This blog is a little late this week because I spent Monday and Tuesday doing “real” work aka editing a grant application (for a friend but she paid me my rate and it was the closest thing I’ve done to “real” work in a long time).
So that felt good.
That update is for those of you who have any idea about when I regularly post… all two of you.
In any case, I haven’t seen my regular neurologist for awhile (just all the other ones) and perhaps my brain misses her because, last night, after I had just fallen asleep, I was awoken by a rather violent volt of bodily electricity.

So that was weird.
Since I was sleeping, I literally thought “Oh wow, that’s super weird” and then went right back to sleep.
I’ve never been awoken by my epilepsy.
When I first “got it,” I was about 12 years old and it only attacked me when I was transitioning from sleeping to being awake and conscious.
Aka early morning.
So for epilepsy to wake me up…

that’s new.
I haven’t had any issues with my epilepsy in two years. So maybe being violently shaken awake isn’t my epilepsy and is…
…some other thing…
but logic dictates that jolt was caused by my excessive and abnormal brain electricity.
I can’t classify that as a seizure either… it was just like… I put my fingers into an electrical socket and got a single jolt of electricity.
And now today — out of nowhere — my left eye is twitching like a motherflipper but it doesn’t feel like it’s my eyelid or whatever twitches when I’m hyper stressed… it’s like whatever is above my eyeball is twitching.
This doesn’t feel super annoying… it feels wrong.

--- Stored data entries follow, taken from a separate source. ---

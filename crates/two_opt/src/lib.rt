// Two-opt: a pair of stops, and the pass over all pairs of ten stops.
#![tactic(auto)]

ghost use Rattle.std.specs.Prelude.{◌≡◌, ℕ, ◌<◌, length, take};
ghost use Rattle.model.specs.Lists.{pairs, Once};
ghost use Rattle.model.specs.Job.{Job};
ghost use Rattle.model.specs.Nearest.{neighbours};
ghost use Rattle.model.specs.TwoOpt.{two_opt, two_opt_all, two_opt_pass};
ghost use Rattle.solution.specs.Held.{routes, Becomes, SizesKept};
ghost use Rattle.delivery.specs.Held.{IsJobOf};
ghost use Rattle.two_opt.specs.Pairs.{pairs_of};

use distance::Tariff;
use solution::Plan;
use two_opt_inter::Visit;

// The pair s, t: no change where one of them is unplaced, else the move on their route or on their two routes, that of s first.
pub fn pair(tariff: &Tariff, plan: &mut Plan, s: u32, t: u32)
    requires { s ≡ t → ⊥ }
    ensures plan_after { (J : Job) → IsJobOf J tariff.now plan.old → Becomes plan.old plan.new (two_opt J (routes plan.old) s t) }
    ensures sizes { SizesKept plan.old plan.new }
{
    let Some(x) = plan.find(s) else {
        return;
    };
    let Some(y) = plan.find(t) else {
        return;
    };
    let a = x.vehicle;
    let b = y.vehicle;
    if a == b {
        two_opt_intra::intra(tariff, plan, a, s, t);
    } else {
        let first = Visit {
            vehicle: a,
            stop: s,
        };
        let second = Visit {
            vehicle: b,
            stop: t,
        };
        two_opt_inter::inter(tariff, plan, first, second);
    }
}

// The pairs of the i-th stop of a list with each later one.
fn pairs_of(tariff: &Tariff, plan: &mut Plan, stops: &[u32], i: usize)
    requires { Once stops.now × (i < length stops.now) }
    ensures plan_after { (J : Job) → IsJobOf J tariff.now plan.old
        → Becomes plan.old plan.new (two_opt_all J (routes plan.old) (pairs_of i stops.now)) }
    ensures sizes { SizesKept plan.old plan.new }
{
    let s = stops[i];
    for &t in &stops[i + 1..] {
        pair(tariff, plan, s, t);
    }
}

// All pairs of a list, in order of position.
fn all_pairs(tariff: &Tariff, plan: &mut Plan, stops: &[u32])
    requires { Once stops.now }
    ensures plan_after { (J : Job) → IsJobOf J tariff.now plan.old
        → Becomes plan.old plan.new (two_opt_all J (routes plan.old) (pairs stops.now)) }
    ensures sizes { SizesKept plan.old plan.new }
{
    for i in 0..stops.len() {
        pairs_of(tariff, plan, stops, i);
    }
}

// The two-opt pass around a stop x, of which S(x) is given: all pairs of its first ten. Of any other list too it takes the pairs of the first ten.
pub fn pass(tariff: &Tariff, plan: &mut Plan, near: &[u32])
    requires { Once near.now }
    ensures plan_after { (J : Job) → IsJobOf J tariff.now plan.old → (x : ℕ) → near.now ≡ neighbours J x
        → Becomes plan.old plan.new (two_opt_pass J (routes plan.old) x) }
    ensures sizes { SizesKept plan.old plan.new }
    ensures plan_after_2 { (J : Job) → IsJobOf J tariff.now plan.old
        → Becomes plan.old plan.new (two_opt_all J (routes plan.old) (pairs (take 10 near.now))) }
{
    let few = near.len().min(10);
    all_pairs(tariff, plan, &near[..few]);
}
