//! Tests writing of grids and maps: their bytes, and devices that fail or are interrupted.
ghost use Rattle.std.specs.Prelude.{◌≡◌, ◌*◌, ◌≤◌, length};

use crate::texts::{LENIENT, LENIENT_CELLS, PIT, PIT_CELLS, grid_of};
use ascii_grid::{Count, Counted, Grid, Height, Place, WriteFailed, write_counts, write_heights};
use std::alloc::Global;
use std::io;
use std::io::Write;
use std::process::Abort;
use std::test::Fail;

/// More bytes than a test writes.
const ALL: usize = 20_000;

/// A writer that takes at most `each` bytes a call, until `capacity` bytes are used up.
/// Call number `interrupted_at`, from 0, fails as interrupted; later calls write on.
#[derive(Drop)]
struct Taker {
    taken: Vec<u8>,
    each: usize,
    capacity: usize,
    flushed: usize,
    calls: usize,
    interrupted_at: Option<usize>,
}

impl Taker {
    fn new(alloc: Global, each: usize, capacity: usize) -> Self {
        Taker {
            taken: Vec::new(alloc),
            each,
            capacity,
            flushed: 0,
            calls: 0,
            interrupted_at: None,
        }
    }

    fn begin_call(&mut self) -> io::Result<()> {
        let call = self.calls;
        self.calls = call.wrapping_add(1);
        if self.interrupted_at == Some(call) {
            return Err(io::Error::from(io::ErrorKind::Interrupted));
        }
        Ok(())
    }
}

impl Write for Taker {
    fn write(&mut self, bytes: &[u8]) -> io::Result<usize> {
        self.begin_call()?;
        let count = bytes.len().min(self.each).min(self.capacity);
        if count == 0 && !bytes.is_empty() {
            return Err(io::Error::from(io::ErrorKind::Other));
        }
        self.taken.write(&bytes[..count])?;
        self.capacity -= count;
        Ok(count)
    }

    fn flush(&mut self) -> io::Result<()> {
        self.begin_call()?;
        self.flushed = self.taken.len();
        Ok(())
    }
}

const LENIENT_WRITTEN: &[u8] =
    b"ncols         2\nnrows         2\nxllcenter     100.5\nyllcorner     -2E1\ncellsize      30.0\nNODATA_value  -3.40282346638528860e+38\n12.50 -0.50\n-3.40282346638528860e+38 7.00\n";

const LENIENT_FLOW: &[u8] =
    b"ncols         2\nnrows         2\nxllcenter     100.5\nyllcorner     -2E1\ncellsize      30.0\nNODATA_value  -9999\n1 0\n-9999 64\n";

/// A text whose header has mixed order and case, a corner, a centre and no line feeds.
const MIXED: &[u8] = b"CELLSIZE 1 NROWS 1 yllCenter +.5 NCOLS 2 XLLCORNER 0 7 8";

const MIXED_WRITTEN: &[u8] =
    b"ncols         2\nnrows         1\nxllcorner     0\nyllcenter     +.5\ncellsize      1\nNODATA_value  -9999\n7 8\n";

const MIXED_COUNTS: &[u8] =
    b"ncols         2\nnrows         1\nxllcorner     0\nyllcenter     +.5\ncellsize      1\nNODATA_value  -9999\n12 -9999\n";

const HALVES: &[u8] =
    b"ncols         2\nnrows         2\nxllcorner     0\nyllcenter     0\ncellsize      1\nNODATA_value  -9999\n0.5 -0.5\n0.0 7.0\n";

const EXTREMES: &[u8] =
    b"ncols         4\nnrows         1\nxllcorner     0\nyllcenter     0\ncellsize      1\nNODATA_value  -9999\n-1000000000.000000 1000000000.000000 -0.000001 0.000010\n";

const PIT_WRITTEN: &[u8] =
    b"ncols         3\nnrows         3\nxllcorner     0\nyllcorner     0\ncellsize      1\nNODATA_value  -9999\n9 9 9\n9 1 9\n9 9 9\n";

const WHOLE: &[u8] =
    b"ncols         1\nnrows         4\nxllcorner     0\nyllcenter     0\ncellsize      1\nNODATA_value  -9999\n-1000000000000000\n1000000000000000\n0\n-1\n";

/// Writes the grid's heights to `taker`, and returns `taker`.
/// Asserts how many failures are counted, and that the bytes taken are all counted.
fn written(rt: &impl Abort, grid: &Grid, mut taker: Taker, failures: u64) -> Taker {
    let mut out = Counted::new(&mut taker);
    let result = write_heights(grid, &mut out);
    assert_eq!(rt; out.failures(), failures);
    let moved = out.moved();
    assert_eq!(rt;
        result,
        if failures == 0 {
            Ok(())
        } else {
            Err(WriteFailed)
        }
    );
    assert_eq!(rt; taker.taken.len() as u64, moved);
    taker
}

/// Asserts that the grid's heights are written as `text` and flushed.
fn writes(rt: &impl Abort, grid: &Grid, taker: Taker, text: &[u8]) {
    let taker = written(rt, grid, taker, 0);
    assert_eq!(rt; taker.taken.as_slice(), text, "{} bytes a call", taker.each);
    assert_eq!(rt; taker.flushed, text.len());
}

/// Asserts that `text` spells these cells, and that they are written as `written`.
fn writes_cells(
    rt: &impl Abort,
    alloc: Global,
    scale: u8,
    text: &[u8],
    cells: &[Option<Height>],
    written: &[u8],
)
    requires { scale ≤ 6 }
{
    let grid = grid_of(rt, alloc, scale, text, cells);
    writes(rt, &grid, Taker::new(alloc, ALL, ALL), written);
}

fn lenient_grid(rt: &impl Abort, alloc: Global) -> Grid
    ensures { result.terrain.cols * result.terrain.rows ≡ 4 }
{
    let grid = grid_of(rt, alloc, 2, LENIENT, &LENIENT_CELLS);
    assert!(rt; grid.cols() == 2);
    assert!(rt; grid.rows() == 2);
    grid
}

/// Returns a grid of 30 rows of 100 NODATA cells.
fn empty_cells(rt: &impl Abort, alloc: Global) -> Result<Grid, Fail> {
    let size = "ncols 100 nrows 30 xllcorner 0 yllcenter 0 cellsize 1";
    let cells = vec![in alloc; None; 3000]?;
    let mut text = format!(in alloc; "{size}")?;
    for _ in 0..3000 {
        text.push_str(" -9999")?;
    }
    Ok(grid_of(rt, alloc, 0, text.as_bytes(), &cells))
}

#[test]
fn lenient_text(rt: HostRuntime) {
    let grid = lenient_grid(&rt, rt.alloc());
    for each in [1, 7, ALL] {
        writes(
            &rt,
            &grid,
            Taker::new(rt.alloc(), each, ALL),
            LENIENT_WRITTEN,
        );
    }
}

/// Asserts that the counts are written as `text`.
fn writes_counts(rt: &impl Abort, alloc: Global, grid: &Grid, counts: &[Count], text: &[u8])
    requires { length counts.now ≡ grid.now.terrain.cols * grid.now.terrain.rows }
{
    let mut taker = Taker::new(alloc, ALL, ALL);
    let mut out = Counted::new(&mut taker);
    assert_eq!(rt; write_counts(grid, counts, &mut out), Ok(()));
    assert_eq!(rt; out.failures(), 0);
    assert_eq!(rt; taker.taken.as_slice(), text);
}

/// Counts have -9999 for NODATA, whatever the grid's own NODATA word.
#[test]
fn lenient_flow(rt: HostRuntime) {
    let grid = lenient_grid(&rt, rt.alloc());
    let codes = [Count::of(1), Count::of(0), Count::none(), Count::of(64)];
    writes_counts(&rt, rt.alloc(), &grid, &codes, LENIENT_FLOW);
}

#[test]
fn header_in_any_order(rt: HostRuntime) {
    let grid = grid_of(&rt, rt.alloc(), 0, MIXED, &[Some(7), Some(8)]);
    writes(&rt, &grid, Taker::new(rt.alloc(), ALL, ALL), MIXED_WRITTEN);
    assert!(rt; grid.cols() == 2);
    assert!(rt; grid.rows() == 1);
    let counts = [Count::of(12), Count::none()];
    writes_counts(&rt, rt.alloc(), &grid, &counts, MIXED_COUNTS);
}

#[test]
fn decimals_of_each_scale(rt: HostRuntime) {
    writes_cells(
        &rt,
        rt.alloc(),
        1,
        b"ncols 2 nrows 2 xllcorner 0 yllcenter 0 cellsize 1 .5 -.5 0 7",
        &[Some(5), Some(-5), Some(0), Some(70)],
        HALVES,
    );
    writes_cells(
        &rt,
        rt.alloc(),
        6,
        b"ncols 4 nrows 1 xllcorner 0 yllcenter 0 cellsize 1 -1000000000 1000000000 -.000001 .00001",
        &[
            Some(-1_000_000_000_000_000),
            Some(1_000_000_000_000_000),
            Some(-1),
            Some(10),
        ],
        EXTREMES,
    );
    writes_cells(
        &rt,
        rt.alloc(),
        0,
        b"ncols 1 nrows 4 xllcorner 0 yllcenter 0 cellsize 1 -1000000000000000 1000000000000000 0 -1",
        &[
            Some(-1_000_000_000_000_000),
            Some(1_000_000_000_000_000),
            Some(0),
            Some(-1),
        ],
        WHOLE,
    );
}

/// The written text is the same with and without sinks.
#[test]
fn sinks_are_not_written(rt: HostRuntime) {
    let pit = grid_of(&rt, rt.alloc(), 0, PIT, &PIT_CELLS);
    let middle = Place { row: 1, col: 1 };
    let named = pit.with_sinks(rt.alloc(), &[middle]).expect(&rt, "sinks");
    writes(&rt, &pit, Taker::new(rt.alloc(), ALL, ALL), PIT_WRITTEN);
    writes(&rt, &named, Taker::new(rt.alloc(), ALL, ALL), PIT_WRITTEN);
}

#[test]
fn ten_bytes_and_a_failure(rt: HostRuntime) {
    let grid = lenient_grid(&rt, rt.alloc());
    for each in [1, 4, ALL] {
        let taker = written(&rt, &grid, Taker::new(rt.alloc(), each, 10), 1);
        assert_eq!(rt; taker.taken.as_slice(), b"ncols     ".as_slice());
        assert_eq!(rt; taker.flushed, 0);
    }
}

/// Returns the bytes of the text of [`empty_cells`] that a writer takes.
fn taken_of_empty(
    rt: &impl Abort,
    alloc: Global,
    each: usize,
    capacity: usize,
    failures: u64,
) -> Result<Vec<u8>, Fail> {
    let grid = empty_cells(rt, alloc)?;
    Ok(written(rt, &grid, Taker::new(alloc, each, capacity), failures).taken)
}

/// Returns the byte at `at` in the rows of [`empty_cells`].
fn byte_of_empty(at: usize) -> u8 {
    let end = if at % 600 == 599 { b'\n' } else { b' ' };
    if at % 6 == 5 { end } else { b"-9999"[at % 6] }
}

#[test]
fn more_than_a_page(rt: HostRuntime) -> Result<(), Fail> {
    let taken = taken_of_empty(&rt, rt.alloc(), ALL, ALL, 0)?;
    assert_eq!(rt; taken.len(), 103 + 30 * 600);
    for (at, byte) in taken.iter().skip(103).enumerate() {
        assert_eq!(rt; *byte, byte_of_empty(at), "at {at}");
    }
    Ok(())
}

#[test]
fn failure_past_the_first_page(rt: HostRuntime) -> Result<(), Fail> {
    let whole = taken_of_empty(&rt, rt.alloc(), ALL, ALL, 0)?;
    let part = taken_of_empty(&rt, rt.alloc(), 1000, 5000, 1)?;
    assert_eq!(rt; part.len(), 5000);
    assert!(rt; whole.starts_with(&part));
    Ok(())
}

/// Writes `lenient_grid`, 50 bytes a call, interrupted at `call`.
/// Asserts that exactly the bytes of the earlier calls were taken.
fn write_until(rt: &impl Abort, alloc: Global, grid: &Grid, call: usize, failures: u64) {
    let mut taker = Taker::new(alloc, 50, ALL);
    taker.interrupted_at = Some(call);
    let taker = written(rt, grid, taker, failures);
    let taken = taker.taken.as_slice();
    assert_eq!(rt;
        taken.len(),
        LENIENT_WRITTEN.len().min(call.saturating_mul(50))
    );
    assert!(rt; LENIENT_WRITTEN.starts_with(taken));
}

/// Interrupts each write, the flush, and then no call.
#[test]
fn interrupted_write(rt: HostRuntime) {
    let grid = lenient_grid(&rt, rt.alloc());
    let writes = LENIENT_WRITTEN.len().div_ceil(50);
    for call in 0..writes + 2 {
        write_until(&rt, rt.alloc(), &grid, call, u64::from(call <= writes));
    }
}
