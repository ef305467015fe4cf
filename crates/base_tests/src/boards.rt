//! Tests boards of jobs: the jobs that seats take in order, by stealing and on threads.
//!
//! Also the jobs taken and left at `close`, a `close` refused memory, and bad numbers of seats.
ghost use Rattle.std.specs.Prelude.{◌≡◌, ◌<◌, ◌≤◌, ◌⊎◌, vec_len, IfOk, IfErr, IfSome};
ghost use Rattle.tile_jobs.specs.Ends.{IsBoard, SameSeat};

use std::alloc::{AllocError, Global};
use std::process::Abort;
use std::sync::Wait;
use std::test::Fail;
use std::thread;
use std::thread::Threads;
use tile_jobs::{Board, Closed, JobFault, Seat, Take};

fn dealt(alloc: Global, jobs: u32, seats: u32) -> Result<Vec<Seat>, JobFault>
    requires { jobs ≤ 65536 }
    ensures len { IfOk result (λ v. vec_len v ≡ seats) }
    ensures board { IfOk result (λ v. IsBoard (vec_len v) v.items) }
    ensures faults { IfErr result (λ e. (e ≡ JobFault.BadWorkers) ⊎ (e ≡ JobFault.Memory)) }
{
    Board::deal(alloc, jobs, seats)
}

fn take_at(seats: &mut Vec<Seat>, s: usize) -> Take
    requires at { s < vec_len seats.old }
    requires board { IsBoard (vec_len seats.old) seats.old.items }
    ensures len { vec_len seats.new ≡ vec_len seats.old }
    ensures board { IsBoard (vec_len seats.new) seats.new.items }
{
    seats[s].try_take()
}

/// Deals a board, and returns its seat `s` alone.
fn deal_one_seat(alloc: Global, jobs: u32, seats: u32, s: usize) -> Result<Seat, Fail>
    requires { jobs ≤ 65536 }
{
    let mut seats = dealt(alloc, jobs, seats)?;
    if s >= seats.len() {
        return Err(Fail::from("no seat"));
    }
    Ok(seats.swap_remove(s))
}

/// Asserts that the next take of `seat`, which has number `s`, returns `want`.
fn gets(rt: &impl Abort, seat: &mut Seat, want: Take, s: usize) {
    assert_eq!(rt; seat.try_take(), want, "seat {s}");
}

/// Asserts that the next take of seat `s` returns `want`.
fn gets_at(rt: &impl Abort, seats: &mut Vec<Seat>, s: usize, want: Take)
    requires at { s < vec_len seats.old }
    requires board { IsBoard (vec_len seats.old) seats.old.items }
    ensures len { vec_len seats.new ≡ vec_len seats.old }
    ensures board { IsBoard (vec_len seats.new) seats.new.items }
{
    assert_eq!(rt; take_at(seats, s), want);
}

fn closed(alloc: Global, seats: Vec<Seat>) -> Result<Closed, Fail>
    requires { IsBoard (vec_len seats) seats.items }
{
    let Ok(closed) = Board::close(alloc, seats) else {
        return Err(Fail::from("no memory"));
    };
    Ok(closed)
}

/// Asserts which jobs each seat took, and which jobs are left.
fn expect_jobs(rt: &impl Abort, closed: &Closed, taken: &[&[u32]], left: &[u32]) {
    assert_eq!(rt; closed.taken.len(), taken.len());
    for (list, want) in closed.taken.iter().zip(taken.iter()) {
        assert_eq!(rt; list.as_slice(), *want);
    }
    assert_eq!(rt; closed.left.as_slice(), left);
}

#[test]
fn one_seat_takes_all(rt: HostRuntime) -> Result<(), Fail> {
    let mut seat = deal_one_seat(rt.alloc(), 1000, 1, 0)?;
    for job in 0..1000 {
        gets(&rt, &mut seat, Take::Job(job), 0);
    }
    gets(&rt, &mut seat, Take::Empty, 0);
    gets(&rt, &mut seat, Take::Empty, 0);
    Ok(())
}

#[test]
fn own_jobs_then_round_the_seats(rt: HostRuntime) -> Result<(), Fail> {
    let turns = [
        (0, [0, 3, 6, 1, 4, 2, 5]),
        (1, [1, 4, 2, 5, 0, 3, 6]),
        (2, [2, 5, 0, 3, 6, 1, 4]),
    ];
    for (s, jobs) in turns {
        let mut seat = deal_one_seat(rt.alloc(), 7, 3, s)?;
        for job in jobs {
            gets(&rt, &mut seat, Take::Job(job), s);
        }
        gets(&rt, &mut seat, Take::Empty, s);
    }
    Ok(())
}

/// Takes all five jobs with two seats; the second seat steals one job of the first seat.
fn take_five(rt: &impl Abort, seats: &mut Vec<Seat>)
    requires len { vec_len seats.old ≡ 2 }
    requires board { IsBoard (vec_len seats.old) seats.old.items }
    ensures board { IsBoard (vec_len seats.new) seats.new.items }
{
    gets_at(rt, seats, 1, Take::Job(1));
    gets_at(rt, seats, 1, Take::Job(3));
    gets_at(rt, seats, 1, Take::Job(0));
    gets_at(rt, seats, 0, Take::Job(2));
    gets_at(rt, seats, 0, Take::Job(4));
    gets_at(rt, seats, 0, Take::Empty);
}

#[test]
fn five_jobs_for_two_seats(rt: HostRuntime) -> Result<(), Fail> {
    let mut seats = dealt(rt.alloc(), 5, 2)?;
    take_five(&rt, &mut seats);
    expect_jobs(
        &rt,
        &closed(rt.alloc(), seats)?,
        &[&[2, 4], &[1, 3, 0]],
        &[],
    );
    Ok(())
}

#[test]
fn jobs_that_no_seat_took_are_left(rt: HostRuntime) -> Result<(), Fail> {
    let mut seats = dealt(rt.alloc(), 5, 2)?;
    gets_at(&rt, &mut seats, 1, Take::Job(1));
    gets_at(&rt, &mut seats, 1, Take::Job(3));
    gets_at(&rt, &mut seats, 1, Take::Job(0));
    expect_jobs(
        &rt,
        &closed(rt.alloc(), seats)?,
        &[&[], &[1, 3, 0]],
        &[2, 4],
    );
    Ok(())
}

#[test]
fn one_of_three_seats_takes_all(rt: HostRuntime) -> Result<(), Fail> {
    let mut seats = dealt(rt.alloc(), 7, 3)?;
    gets_at(&rt, &mut seats, 2, Take::Job(2));
    gets_at(&rt, &mut seats, 2, Take::Job(5));
    gets_at(&rt, &mut seats, 2, Take::Job(0));
    gets_at(&rt, &mut seats, 2, Take::Job(3));
    gets_at(&rt, &mut seats, 2, Take::Job(6));
    gets_at(&rt, &mut seats, 2, Take::Job(1));
    gets_at(&rt, &mut seats, 2, Take::Job(4));
    gets_at(&rt, &mut seats, 2, Take::Empty);
    gets_at(&rt, &mut seats, 0, Take::Empty);
    gets_at(&rt, &mut seats, 1, Take::Empty);
    let all = [2, 5, 0, 3, 6, 1, 4];
    expect_jobs(&rt, &closed(rt.alloc(), seats)?, &[&[], &[], &all], &[]);
    Ok(())
}

#[test]
fn no_jobs_for_two_seats(rt: HostRuntime) -> Result<(), Fail> {
    let mut seats = dealt(rt.alloc(), 0, 2)?;
    gets_at(&rt, &mut seats, 0, Take::Empty);
    gets_at(&rt, &mut seats, 1, Take::Empty);
    Ok(())
}

#[test]
fn more_seats_than_jobs(rt: HostRuntime) -> Result<(), Fail> {
    let mut seats = dealt(rt.alloc(), 1, 64)?;
    gets_at(&rt, &mut seats, 63, Take::Job(0));
    gets_at(&rt, &mut seats, 63, Take::Empty);
    gets_at(&rt, &mut seats, 0, Take::Empty);
    let mut none = dealt(rt.alloc(), 0, 1)?;
    gets_at(&rt, &mut none, 0, Take::Empty);
    Ok(())
}

#[test]
fn most_jobs(rt: HostRuntime) -> Result<(), Fail> {
    let mut seat = deal_one_seat(rt.alloc(), 65536, 2, 1)?;
    for job in 0..32768 {
        gets(&rt, &mut seat, Take::Job(2 * job + 1), 1);
    }
    for job in 0..32768 {
        gets(&rt, &mut seat, Take::Job(2 * job), 1);
    }
    gets(&rt, &mut seat, Take::Empty, 1);
    Ok(())
}

fn refuses_seats(rt: &impl Abort, alloc: Global, seats: u32) {
    let refused = dealt(alloc, 3, seats);
    assert!(rt;
        matches!(refused, Err(JobFault::BadWorkers)),
        "{seats} seats"
    );
}

#[test]
fn bad_seats(rt: HostRuntime) {
    refuses_seats(&rt, rt.alloc(), 0);
    refuses_seats(&rt, rt.alloc(), 65);
}

/// Closes the board, at the second try if the first is refused memory.
fn close_twice(alloc: Global, seats: Vec<Seat>) -> Result<Closed, Fail>
    requires { IsBoard (vec_len seats) seats.items }
{
    match Board::close(alloc, seats) {
        Ok(closed) => Ok(closed),
        Err(back) => match Board::close(alloc, back) {
            Ok(closed) => Ok(closed),
            Err(_) => Err(Fail::from("refused twice")),
        },
    }
}

/// Deals five jobs to two seats. Returns `None` if memory is refused.
fn deal_five(rt: &impl Abort, alloc: Global) -> Option<Vec<Seat>>
    ensures len { IfSome result (λ v. vec_len v ≡ 2) }
    ensures board { IfSome result (λ v. IsBoard (vec_len v) v.items) }
{
    match dealt(alloc, 5, 2) {
        Ok(seats) => Some(seats),
        Err(fault) => {
            assert_eq!(rt; fault, JobFault::Memory);
            None
        }
    }
}

/// A refused `close` returns the seats, with the jobs that they took.
/// If `rt try --fail-alloc` refuses memory, no board is dealt, or the second try closes the board.
#[test]
fn refused_close_gives_seats_back(rt: HostRuntime) -> Result<(), Fail> {
    let Some(mut seats) = deal_five(&rt, rt.alloc()) else {
        return Ok(());
    };
    take_five(&rt, &mut seats);
    let closed = close_twice(rt.alloc(), seats)?;
    expect_jobs(&rt, &closed, &[&[2, 4], &[1, 3, 0]], &[]);
    Ok(())
}

/// If `rt try --fail-alloc` refuses memory to `close`, the seats keep the jobs that are left.
#[test]
fn refused_close_keeps_what_is_left(rt: HostRuntime) -> Result<(), Fail> {
    let Some(mut seats) = deal_five(&rt, rt.alloc()) else {
        return Ok(());
    };
    gets_at(&rt, &mut seats, 1, Take::Job(1));
    let closed = close_twice(rt.alloc(), seats)?;
    expect_jobs(&rt, &closed, &[&[], &[1]], &[0, 2, 4, 3]);
    Ok(())
}

/// Takes jobs until no deque holds one.
fn take_all<R: Wait>(rt: &R, seat: &mut Seat)
    ensures { SameSeat seat.old seat.new }
{
    for _ in rt.forever() {
        match seat.try_take() {
            Take::Job(_) => {}
            Take::Again => thread::yield_now(),
            Take::Empty => break,
        }
    }
}

/// Deals a board, takes all jobs with at most one thread a seat, and closes it.
fn take_with_threads<R: Threads + Wait + Sync>(
    rt: &R,
    alloc: Global,
    jobs: u32,
    seats: u32,
) -> Result<Closed, JobFault>
    requires { jobs ≤ 65536 }
{
    let mut dealt = Board::deal(alloc, jobs, seats)?;
    thread::for_each_mut(
        rt,
        &mut dealt,
        seats as usize,
        &|_, seat| take_all(rt, seat),
    );
    Board::close(alloc, dealt).map_err(|_| JobFault::Memory)
}

/// Returns whether the list has jobs of the seat's own deque first, in rising order.
fn own_come_first(list: &[u32], seat: u32, seats: u32) -> bool {
    let mut stolen = false;
    let mut least = seat;
    for job in list {
        if job.checked_rem(seats) != Some(seat) {
            stolen = true;
        } else if stolen || *job < least {
            return false;
        } else {
            least = job.saturating_add(1);
        }
    }
    true
}

/// Asserts that the seats took each job once, each seat the jobs of its own deque first.
fn have_each_job_once(
    rt: &impl Abort,
    alloc: Global,
    lists: &[Vec<u32>],
    jobs: u32,
    seats: u32,
) -> Result<(), AllocError> {
    let mut times = vec![in alloc; 0u32; jobs as usize]?;
    let mut total = 0usize;
    let mut seat = 0u32;
    for list in lists {
        assert!(rt; own_come_first(list, seat, seats), "seat {seat}: {list:?}");
        for job in list {
            if let Some(count) = times.get_mut(*job as usize) {
                *count = count.saturating_add(1);
            }
        }
        total = total.saturating_add(list.len());
        seat = seat.saturating_add(1);
    }
    assert_eq!(rt; total, jobs as usize);
    assert!(rt; times.iter().all(|count| *count == 1), "{jobs} jobs");
    Ok(())
}

/// Each seat is on a thread of its own, where threads can be started.
#[test]
fn seats_apart_take_each_job_once(rt: HostRuntime) -> Result<(), Fail> {
    for (jobs, seats) in [(7u32, 3u32), (0, 2), (10000, 4)] {
        let closed = take_with_threads(&rt, rt.alloc(), jobs, seats)?;
        assert_eq!(rt; closed.left.len(), 0, "{jobs} jobs");
        assert_eq!(rt; closed.taken.len(), seats as usize);
        have_each_job_once(&rt, rt.alloc(), &closed.taken, jobs, seats)?;
    }
    Ok(())
}
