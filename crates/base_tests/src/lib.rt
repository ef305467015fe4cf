//! Tests the public calls for grids, grid texts, tiles and jobs.
//!
//! Modules:
//!
//! - `boards`: boards of jobs and what their seats take
//! - `grids`: parts, cells and sinks of a grid
//! - `reading`: grid texts and their faults
//! - `texts`: texts and checks that the tests share
//! - `tilings`: tiles, rims, views and tile lists
//! - `workers`: jobs run on threads, and their gates
//! - `writing`: the text of grids and maps, and failing devices
#![tactic(auto)]

#[cfg(test)]
mod boards;
#[cfg(test)]
mod grids;
#[cfg(test)]
mod reading;
#[cfg(test)]
mod texts;
#[cfg(test)]
mod tilings;
#[cfg(test)]
mod workers;
#[cfg(test)]
mod writing;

And the kicker is how I haven’t been feeling stressed. In fact, I’ve had a rather lovely start to my week.
So for all this electrical activity to come out now is just weird.
And I just found out that I didn’t get the library job I interviewed for and… yeah, this caused some tears because it’s been the – not keeping close count but — the 80th job I’ve not acquired in about a year and a half and, well, all I can think is…
will this bad news and the subsequent dramatic shift in mood stop my fucking brain from tweaking out?
Or is my brain going to keep up its bad behavior.
So my ALS neurologist told me it was vital to not give up or else the ALS or the FTD will wake up as it feeds on doom (I’m paraphrasing).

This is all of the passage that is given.